As long as the comment is portable, not just PyCharm, then I don't
have a problem with them in general. I would rather write code that
the tools like though.

PEP8 does have a "stop making my code worse" clause (don't follow PEP8
like a robot, the odd justified exception is fine). I suggest we keep
that in mind. Uniformity of code makes reading it easier for everyone,
but having to make your code less readable to pass a tool is just
silly (within reason).

How about; if you have a good reason to not pass a tool (the tool
doesn't understand the code well enough to see that it isn't a bug /
the style rules make the code less readable) then can we ensure that
we put a justification comment as well? If writing the two lines
(instruction to tool comment, justification comment) is longer than
"fixing" the code, just fix the code.

The guideline from doing code reviews in the past that was given to me
was that if you have a problem with style, suggest a functional
rewritten bit of code. I actually think that is a useful guideline
anyway - if the review isn't constructive, it is just depressing.
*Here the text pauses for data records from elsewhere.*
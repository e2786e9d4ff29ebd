use crate::mistakes::Mistake;
use std::alloc::Global;

// 32 words of three bytes
const LONGEST: usize = 96;

// The byte that an escape stands for.
fn unescaped(b: u8) -> Result<u8, Mistake> {
    match b {
        b'n' => Ok(b'\n'),
        b'"' | b'\\' => Ok(b),
        _ => Err(Mistake::UnknownEscape),
    }
}

// The text between the quotes.
fn between_quotes(quoted: &str) -> Option<&str> {
    quoted.strip_prefix('"')?.strip_suffix('"')
}

// The bytes of a content that is written in double quotes.
pub(crate) fn content_of(heap: Global, quoted: &str) -> Result<Vec<u8>, Mistake> {
    let inner = between_quotes(quoted).ok_or(Mistake::NoQuotes)?;
    let mut content = Vec::new(heap);
    let mut escape = false;
    for b in inner.bytes() {
        match b {
            _ if escape => {
                content.push(unescaped(b)?)?;
                escape = false;
            }
            b'\\' => escape = true,
            b'"' => return Err(Mistake::BareQuote),
            _ => content.push(b)?,
        }
    }
    if escape {
        // the closing quote was escaped
        return Err(Mistake::NoQuotes);
    }
    if content.len() > LONGEST {
        return Err(Mistake::LongContent);
    }
    Ok(content)
}
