use crate::description::{Entry, Head, Line};
use crate::mistakes::Mistake;
use crate::quoted::content_of;
use base::{FileKind, Name, Version};
use std::alloc::Global;

// The first word of a line, and what stands behind it.
fn first_word(line: &str) -> (&str, &str) {
    match line.split_once(' ') {
        Some((word, rest)) => (word, rest.trim_start()),
        None => (line, ""),
    }
}

fn package_line(rest: &str) -> Result<Line, Mistake> {
    let (name, version) = first_word(rest);
    if version.is_empty() {
        return Err(Mistake::NotTwoWords);
    }
    let name = Name::new(name.as_bytes()).ok_or(Mistake::BadName)?;
    let version = Version::new(version.as_bytes()).ok_or(Mistake::BadVersion)?;
    Ok(Line::Package(Head { name, version }))
}

fn file_line(heap: Global, kind: FileKind, rest: &str) -> Result<Line, Mistake> {
    let (path, quoted) = first_word(rest);
    let path = path.parse::<u8>().map_err(|_| Mistake::BadPath)?;
    let content = content_of(heap, quoted)?;
    Ok(Line::File(Entry {
        kind,
        path,
        content,
    }))
}

// What a line says.
pub(crate) fn line_of(heap: Global, line: &str) -> Result<Line, Mistake> {
    let line = line.trim();
    if line.is_empty() || line.starts_with('#') {
        return Ok(Line::Nothing);
    }
    let (word, rest) = first_word(line);
    match word {
        "package" => package_line(rest),
        "plain" => file_line(heap, FileKind::Plain, rest),
        "conffile" => file_line(heap, FileKind::Conffile, rest),
        "end" if rest.is_empty() => Ok(Line::End),
        "end" => Err(Mistake::WordsAfterEnd),
        _ => Err(Mistake::UnknownWord),
    }
}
>> As Zygmut said, pflake8 is a handy tool (if I'm not wrong it runs pep8
>> I personally prefer to stick with distro provided tools, without
>> having to go through pip or easy_install, but I guess this will become
>> a problem since we are all using different distros with their own
>> package versions.
>
> I'm using flake8 2.0 - it adds a useful feature to skip certain files
> entirely (e.g. deprecated code like lava_test) which otherwise trips up
> pep8. (Just add # flake8: noqa as a line near the top of the script.)
>
> One other element which I have so far ignored is this behaviour:
>
>         try:
>             data = self.start_testcase(test_case_id)
>         except:
>             logging.exception("start_testcase failed for %s", test_case_id)
>
> This raises a warning (in PyCharm and pylint) about "too broad
> exception clause" / "No exception type(s) specified".
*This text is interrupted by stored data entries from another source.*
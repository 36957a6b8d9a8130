// The listed days valued along a curve's lines.
ghost use Rattle.std.specs.Prelude.{◌≡◌, ◌≤◌, nat_abs};
ghost use Rattle.netting.specs.Netting.{worth, cheap_on};
ghost use Rattle.estimate.specs.Lines.{line_of, rate_on, Ahead, Drawn};
ghost use Rattle.estimate.specs.Values.{along_to, most_size, Ready};

use super::lines::{Line, line_of};
use cheap::factor::factor;
use curve::Node;
use logarithm::tables::Tables;
use netting::value::worth;

// A first part of the listed days: how many they are, and what their net amounts are worth.
#[derive(Clone, Copy)]
pub struct Part {
    pub done: usize,
    pub value: i64,
}

// What a net amount is worth on its day, at the line's rate.
fn day_value(line: Line, day: u64, net: i64, tables: Tables<'_>) -> i64
    requires { Drawn line day × (nat_abs net ≤ most_size) }
    ensures { result ≡ worth (cheap_on (rate_on line) day) net }
{
    worth(net, factor(tables, line.rate_on(day), day))
}

impl Part {
    // With the days before place `end` of the list, at a line's rates.
    pub fn along(
        self,
        line: Line,
        end: usize,
        days: &[u16],
        nets: &[i64],
        tables: Tables<'_>,
    ) -> Part
        requires { Ready line end nets.now days.now self }
        ensures { result ≡ along_to line end nets.now days.now self }
    {
        let mut value = self.value;
        for day in &days[self.done..end] {
            let at = usize::from(*day);
            value += day_value(line, at as u64, nets[at], tables);
        }
        Part { done: end, value }
    }

    // The same between two nodes. Where there are no such days, no line is drawn.
    pub fn between(
        self,
        a: Node,
        b: Node,
        end: usize,
        days: &[u16],
        nets: &[i64],
        tables: Tables<'_>,
    ) -> Part
        requires { Ahead a b × Ready (line_of a b) end nets.now days.now self }
        ensures { result ≡ along_to (line_of a b) end nets.now days.now self }
    {
        if self.done == end {
            return self;
        }
        self.along(line_of(a, b), end, days, nets, tables)
    }
}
In the general case (not the above one) it is too broad and is simple
enough to specify 1+ types of exception that you expect to catch.
Unexpected exceptions are errors. Of course, I am sure you knew that!
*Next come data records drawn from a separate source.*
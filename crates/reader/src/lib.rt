// A reader of a book: the lent slice, and a position in it. It is thin: `current` takes it apart, and `edit::read`, over the slice and the
// numbers, does the work. `read_at` has plain parameters, for every other caller.
#![tactic(auto)]

ghost use Rattle.std.specs.Prelude.{◌≡◌};
ghost use Rattle.edit.specs.Edits.{found};

use ground::Refusal;

#[derive(Clone, Copy)]
pub struct Reader<'a> {
    pub book: &'a [u8],
    pub position: usize,
}

// A reader at a position of a book.
pub fn new<'a>(book: &'a [u8], position: usize) -> Reader<'a>
    ensures { (result.book ≡ book.entry) × (result.position ≡ position) }
{
    Reader { book, position }
}

// The record that the reader stands at, in the book of a used length.
pub fn current<'a>(r: Reader<'a>, used: usize) -> Result<[u8; 56], Refusal>
    ensures { result ≡ found r.entry.book.now used r.entry.position }
{
    edit::read(r.book, used, r.position)
}

// What a reader at a position finds.
pub fn read_at(book: &[u8], used: usize, position: usize) -> Result<[u8; 56], Refusal>
    ensures { result ≡ found book.now used position }
{
    current(new(book, position), used)
}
In this specific case I am surprised that any sane unit test system
needs that sort of code anyway - surely all the tests are run and any
unhandled exceptions are errors anyway?

> Maybe we should document which pylint outputs we're happy to ignore.
>
>> I'm more keen on having strict PEP8 checking so that the code will
>> (almost) have the same style, and will be a little bit easier to read.
>> I would stick to the 79 chars line length, plus all the "default" PEP8
>> settings (multiple spaces, no space between operators...).
>
> I'm less keen on the 79 character limit - it's going to need quite a
> few new sub-routines to reduce the indentation.

In general splitting up code into more functions isn't necessarily a
bad thing - it often helps readability. There are also reasonable ways
of splitting up lines to avoid hitting 79 characters. While I consider
the rule an irritation, having lived with it for a couple of years I
find it increasingly easy to just write code that fits without it
being ugly or inefficient. Narrow lines are also easier to read for
the general populace.

> I'm using this syntax currently:
>
> ~/.local/bin/flake8  -v --ignore E501 --show-source
>
> Packaged:
> pep8                                      1.4.5-1
> pyflakes                                  0.7.2-1
>
> I've now got lava-dispatcher to a point where there are no problems
> reported by pep8 or flake8 (modulo the line length) *and* PyCharm is
> also happy to show all the files as without warnings.

That makes me unreasonably happy, but then again, I am a bit odd. Thanks Neil!

> I'll push the changes selectively, there is a proposed merge for files
> which only need whitespace changes, I'll push files which also need
> source code changes next (after testing in the multinode branch).